I don’t believe it. As a reader of
Portnoy’s Complaint,
of
My Life as a Man,
as a reader of what you say here about Metropolitan Life discriminating against their Jewish employees back in your father’s era, I suspect a lot about her class and her background and her taste, far from impressing you, positively disgusted you. I’d bet that, as your father’s avenger, you even berated her sometimes when she displayed the habits of her class and her background. But about that, nothing. Be candid—what
didn’t
you like about May? There must have been plenty if you left her; I don’t believe it could have been only your youthful liberty you were looking for—you also wanted to be rid of her for a very good and specific reason. So, what was it? After an emotional breakdown she dropped out of Smith and went home to Cleveland. Was there no aftereffect, no legacy of brokenness that you couldn’t stand? Was she beautifully composed or utterly repressed, or were the two impossible to separate in her? Her “gentle” nature was probably as infuriating to you—because of all it implied about her vulnerability and defenselessness—as it was comforting, at first, after Josie’s rages. It is chivalrous to find in yourself the sole reason for ending the affair, but in autobiography chivalry is an evasion and a lie. Maybe you are still a little in love with her or like to think that you are. Maybe at fifty-five you are suddenly in love now with those years of your life. But her idealization did not occur at the time, did it? Her idealization is a necessity of this autobiography.
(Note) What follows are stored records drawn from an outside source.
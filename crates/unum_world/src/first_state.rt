//! The world as it opens: each session's input is saved, and its first instance is invoked.
ghost use Rattle.std.specs.Prelude.{◌≡◌, ◌≤◌, ◌<◌, [], map, length, IfOk, OnOk};
ghost use Rattle.place_name.specs.declared.limits.TheConstants.{SESSIONS};
ghost use Rattle.place_name.specs.declared.obj.Obj.TheVariants.{Arg};
ghost use Rattle.world_model.specs.AnyCode.Operations.{Absent, Live, ArgIs};
ghost use Rattle.world_model.specs.AnyCode.World.{root_name, root_invs, root_states, objects_with, start_objects};
ghost use Rattle.world_model.specs.Numbered.{first_number};
ghost use Rattle.checkpoint_store.specs.Entries.{objects_of};
ghost use Rattle.unum_world.specs.Openings.{Machines, session_as, Fits};
ghost use Rattle.unum_world.specs.Traces.{world_of, opened_world};
ghost use Rattle.unum_world.specs.Kept.{Keeps};

use crate::opening::{Opening, Session};
use crate::world_state::WorldState;
use checkpoint_store::Store;
use invoke_queue::{Numbers, Queue};
use place_name::{Kind, Name, Obj, Place, SESSIONS, Trail};
use std::alloc::Global;
use unum_hub::Hub;
use unum_json::{Items, Json, NoMemory, copy};
use world_types::{Held, Invocation};

/// The name of a session's first instance.
fn root_name(session: u32) -> Name
    requires { session < SESSIONS }
    ensures { result ≡ root_name session }
{
    Name {
        place: Place {
            session,
            trail: Trail::new(),
            hop: 0,
        },
        kind: Kind::Enter,
    }
}

/// Saves the input of a session for its first instance.
fn save_input(alloc: Global, store: &mut Store, session: u32, input: &Json) -> Result<(), NoMemory>
    requires there { session < SESSIONS }
    requires absent { objects_of store.old (Arg (root_name session)) ≡ Absent }
    ensures { OnOk result (objects_of store.new ≡ objects_with (Arg (root_name session)) (Live (ArgIs input.now [])) (objects_of store.old)) }
{
    let raw = copy(alloc, input)?;
    let used = Items::new(alloc);
    let _made = store.create(&Obj::Arg(root_name(session)), Held::Arg { raw, used })?;
    Ok(())
}

/// The objects at opening: the input of each session, saved from the last session on.
#[tactic(auto, unfolding(world_model::specs::AnyCode::World::start_objects))]
fn first_store(alloc: Global, sessions: &[Session]) -> Result<Store, NoMemory>
    requires { length sessions.now ≤ SESSIONS }
    ensures { IfOk result (λ s. (machines : Machines) → objects_of s ≡ start_objects 0 (map (session_as machines) sessions.now)) }
{
    let mut store = Store::new(alloc);
    for s in (0..sessions.len()).rev() {
        save_input(alloc, &mut store, s as u32, &sessions[s].input)?;
    }
    Ok(store)
}

/// The queue at opening: the first instance of each session.
#[tactic(auto, unfolding(world_model::specs::AnyCode::World::root_invs, world_model::specs::AnyCode::World::root_states))]
fn first_queue(alloc: Global, sessions: &[Session]) -> Result<Queue, NoMemory>
    requires { length sessions.now ≤ SESSIONS }
    ensures invs { IfOk result (λ q. (machines : Machines) → q.invs ≡ root_invs first_number 0 (map (session_as machines) sessions.now)) }
    ensures states { IfOk result (λ q. (machines : Machines) → q.states ≡ root_states (map (session_as machines) sessions.now)) }
    ensures atts { IfOk result (λ q. q.atts ≡ []) }
{
    let mut queue = Queue::new(alloc);
    for (s, _session) in sessions.iter().enumerate() {
        let name = root_name(s as u32);
        let _number = queue.invoke(Invocation { name, site: 0 })?;
    }
    Ok(queue)
}

/// No twins, and room for those of so many invocations.
fn first_twins(alloc: Global, invocations: usize) -> Result<Numbers, NoMemory>
    requires { invocations ≤ SESSIONS }
    ensures { IfOk result (λ t. t ≡ record { numbers = []; room = invocations }) }
{
    let mut twins = Numbers::new(alloc);
    for _made in 0..invocations {
        twins.grow()?;
    }
    Ok(twins)
}

/// Objects and queue at opening.
fn first_hub(alloc: Global, sessions: &[Session]) -> Result<Hub, NoMemory>
    requires { length sessions.now ≤ SESSIONS }
    ensures objects { IfOk result (λ h. (machines : Machines) → objects_of h.store ≡ start_objects 0 (map (session_as machines) sessions.now)) }
    ensures invs { IfOk result (λ h. (machines : Machines) → h.queue.invs ≡ root_invs first_number 0 (map (session_as machines) sessions.now)) }
    ensures states { IfOk result (λ h. (machines : Machines) → h.queue.states ≡ root_states (map (session_as machines) sessions.now)) }
    ensures atts { IfOk result (λ h. h.queue.atts ≡ []) }
{
    let queue = first_queue(alloc, sessions)?;
    let Ok(store) = first_store(alloc, sessions) else {
        drop(queue);
        return Err(NoMemory);
    };
    Ok(Hub {
        alloc,
        store,
        queue,
    })
}

/// The world as it opens.
pub fn first_state(alloc: Global, o: &Opening) -> Result<WorldState, NoMemory>
    requires { Fits o.now }
    ensures world { IfOk result (λ m. world_of o.now m ≡ opened_world o.now) }
    ensures kept { IfOk result (λ m. Keeps o.now m) }
{
    let twins = first_twins(alloc, o.sessions.len())?;
    let Ok(hub) = first_hub(alloc, o.sessions.as_slice()) else {
        drop(twins);
        return Err(NoMemory);
    };
    Ok(WorldState {
        hub,
        journal: Vec::new(alloc),
        marks: 0,
        stops: Vec::new(alloc),
        twins,
    })
}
You didn’t want another broken woman.
That’s
the reason. Of course she didn’t have Josie’s working-class harshness; May was placid, she stuffed her feelings, kept up her facade. But tell me, please, what was
her
addiction? Was she a pill popper like Susan McCall, her obvious embodiment in
My Life as a Man?
Surely Susan’s pill popping is meant to stand for some addiction, if it isn’t simply the flat-out truth. The main fear of every addict is a fear of losing, a fear of change; addicts are always looking for someone to be dependent on, they
have
to be dependent, and you were perfect. You were, after all, brought up to be reliable, and this reliability is a magnet to the broken, whether addicted, fatherless, or both. They latch on and they won’t let go, and because you
are
reliable it’s not easy for you to leave a job half done, especially when the reliability is being tested—and Josie went in for extreme testing, so extreme she eventually made you marry her. You’re a crutch, you are flattered to be a crutch, you rush in to hold them up, and then you’re holding them up and holding them up and you begin to ask yourself, “Is a crutch what I want to be?” I remember now that marathon struggle in
My Life as a Man
to make Susan come. Anything here about anything like that? Of course not. Here you investigate virtually nothing of a serious sexual nature and, somewhat astonishingly, seem almost to indicate that sex has never really compelled you.